As stocks and bonds become more disappointing, investors will flock to where the money is being made. That will be commodities—gold and crude oil in particular. As the public increasingly gravitates into tangibles (as they did in the 1970s), investment demand will become just as maniacal in the commodity market as it became in the dot-com craze in the late 1990s. All shreds of reason will be left behind. The key leader in this acceleration will be from the archetypal tangible asset—gold.

Gold found our downside target zone of $1,180-$1,150 [an ounce], but just barely and only briefly. The August gold contract touched $1,168 on May 21st, but it quickly bounced back to overhead resistance at $1,225 [and went on to hit new highs above $1,250—Editor.] I am expecting another dip to the $1,168 level, and perhaps a bit lower. The correction off the May high will then be complete and the next bull leg can begin.

The US dollar will not stay strong indefinitely; like all paper currencies, it will depreciate over time. As currencies depreciate, the cost of hard assets [will increase]. Gold, of course, has always done well during both deflationary and inflationary times of crisis. Gold is proving its worth yet again.

If you would like a shot at silver with a gold play tossed in, consider Central Fund of Canada (Amex: CEF). This is a closed end fund—not an [exchange traded fund]—holding approximately 50% gold bullion and 50% silver bullion.

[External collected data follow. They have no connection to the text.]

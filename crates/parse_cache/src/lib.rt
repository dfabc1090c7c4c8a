//! Scripts that were read are kept: by their texts in a cache, and beside the one text of a loop.
#![tactic(auto)]

mod cache;
mod read_script;
mod reading;

pub use cache::{Cache, MOST_SCRIPTS};
pub use read_script::ReadScript;
pub use reading::Reading;
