// A file's bits, listed piece by piece.
ghost use Rattle.std.specs.Prelude.{◌≡◌, ◌≤◌, ◌+◌, ◌*◌, [], ◌∷◌, IfOk, IfErr};
ghost use Rattle.outside_calls.specs.Folder.{FolderState};
ghost use Rattle.shared_terms.specs.declared.limits.TheConstants.{FILE_LIMIT};
ghost use Rattle.outside_calls.specs.Outputs.{OnlyOutputs};
ghost use Rattle.command_base.specs.Stops.{EndCounts};
ghost use Rattle.frame_commands.specs.Listing.Words.{named};
ghost use Rattle.frame_commands.specs.Listing.Heard.{Begun, HeardTo};
ghost use Rattle.frame_commands.specs.Listing.Ends.{SaysAll, EndsBy, Ends};

use crate::frames::words::FramesWords;
use command_base::{Listener, Stop, read_piece, within_limit};
use outside_calls::Folder;
use shared_terms::FILE_LIMIT;

/// The place of the stream's name among the words.
const BITS: usize = 2;

/// How many octets are read at a time.
const PIECE: usize = 4096;

/// Hears the next piece of the file, and answers how many octets it has: none at the file's end.
fn hear_next<F: Folder>(
    folder: &mut F,
    names: &FramesWords<'_>,
    listener: &mut Listener,
    at: u64,
) -> Result<usize, Stop>
    requires within { at ≤ FILE_LIMIT }
    requires pieces { listener.old.pieces ≤ 8 * at }
    ensures ok { (start : FolderState) → HeardTo start (F.state folder.old) (named names.now) listener.old at
        → IfOk result (λ count. HeardTo start (F.state folder.new) (named names.now) listener.new (at + count)) }
    ensures end { (start : FolderState) → HeardTo start (F.state folder.old) (named names.now) listener.old at
        → IfOk result (λ count. count ≡ 0 → SaysAll start (F.state folder.new) (named names.now) listener.new.pieces) }
    ensures err { (start : FolderState) → HeardTo start (F.state folder.old) (named names.now) listener.old at
        → IfErr result (EndsBy start (F.state folder.new) (named names.now)) }
    ensures bound { IfOk result (λ count. at + count ≤ FILE_LIMIT) }
    ensures pieces { IfOk result (λ count. listener.new.pieces ≤ 8 * (at + count)) }
    ensures only { OnlyOutputs (F.state folder.old) (F.state folder.new) [] }
    ensures counts { EndCounts (F.state folder.old) (F.state folder.new) (names.now.bits.now ∷ []) [] result }
{
    let mut piece = [0u8; PIECE];
    let count = match read_piece(folder, names.bits, FILE_LIMIT, at, &mut piece) {
        Ok(0) => return Ok(0),
        Ok(count) => count,
        Err(fault) => return Err(Stop::Read(fault)),
    };
    match listener.hear(folder, &piece[..count]) {
        Ok(()) => Ok(count),
        Err(fault) => Err(Stop::Say(fault)),
    }
}

/// Hears the file to its end: the number of pieces.
fn hear_file<F: Folder>(folder: &mut F, names: &FramesWords<'_>) -> Result<u64, Stop>
    ensures ends { (start : FolderState) → Begun start (F.state folder.old) (named names.now)
        → Ends start (F.state folder.new) (named names.now) result }
    ensures only { OnlyOutputs (F.state folder.old) (F.state folder.new) [] }
    ensures counts { EndCounts (F.state folder.old) (F.state folder.new) (names.now.bits.now ∷ []) [] result }
{
    let mut listener = Listener::new(names.sender);
    let mut at: u64 = 0;
    loop {
        match hear_next(folder, names, &mut listener, at) {
            Ok(0) => return Ok(listener.pieces()),
            Ok(count) => at += count as u64,
            Err(fault) => return Err(fault),
        }
    }
}

/// The file's length is looked at, and its pieces are listed: their number.
pub(crate) fn list_pieces<F: Folder>(folder: &mut F, names: &FramesWords<'_>) -> Result<u64, Stop>
    ensures ends { Ends (F.state folder.old) (F.state folder.new) (named names.now) result }
    ensures only { OnlyOutputs (F.state folder.old) (F.state folder.new) [] }
    ensures counts { EndCounts (F.state folder.old) (F.state folder.new) (names.now.bits.now ∷ []) [] result }
{
    match within_limit(folder, names.bits, FILE_LIMIT, BITS) {
        Ok(()) => hear_file(folder, names),
        Err(stop) => Err(stop),
    }
}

It is similar to Central GoldTrust (Amex: GTU) in that you are invested in physical gold and silver bullion, which is stored for the fund, and the fund is run by the same folks in Canada that manage GTU.

It is taxed as a stock, so it avoids the unfavorable tax rates levied on commodity ETFs. Buy CEF at $14 or better. (It closed under $15 Wednesday—Editor.)

Personally, I like to stick with gold. There are those who speculate that silver will rise by a greater percentage than gold, and perhaps it will. However, silver outpacing gold is not assured by any means. Speculate with a little silver, but keep your focus on gold.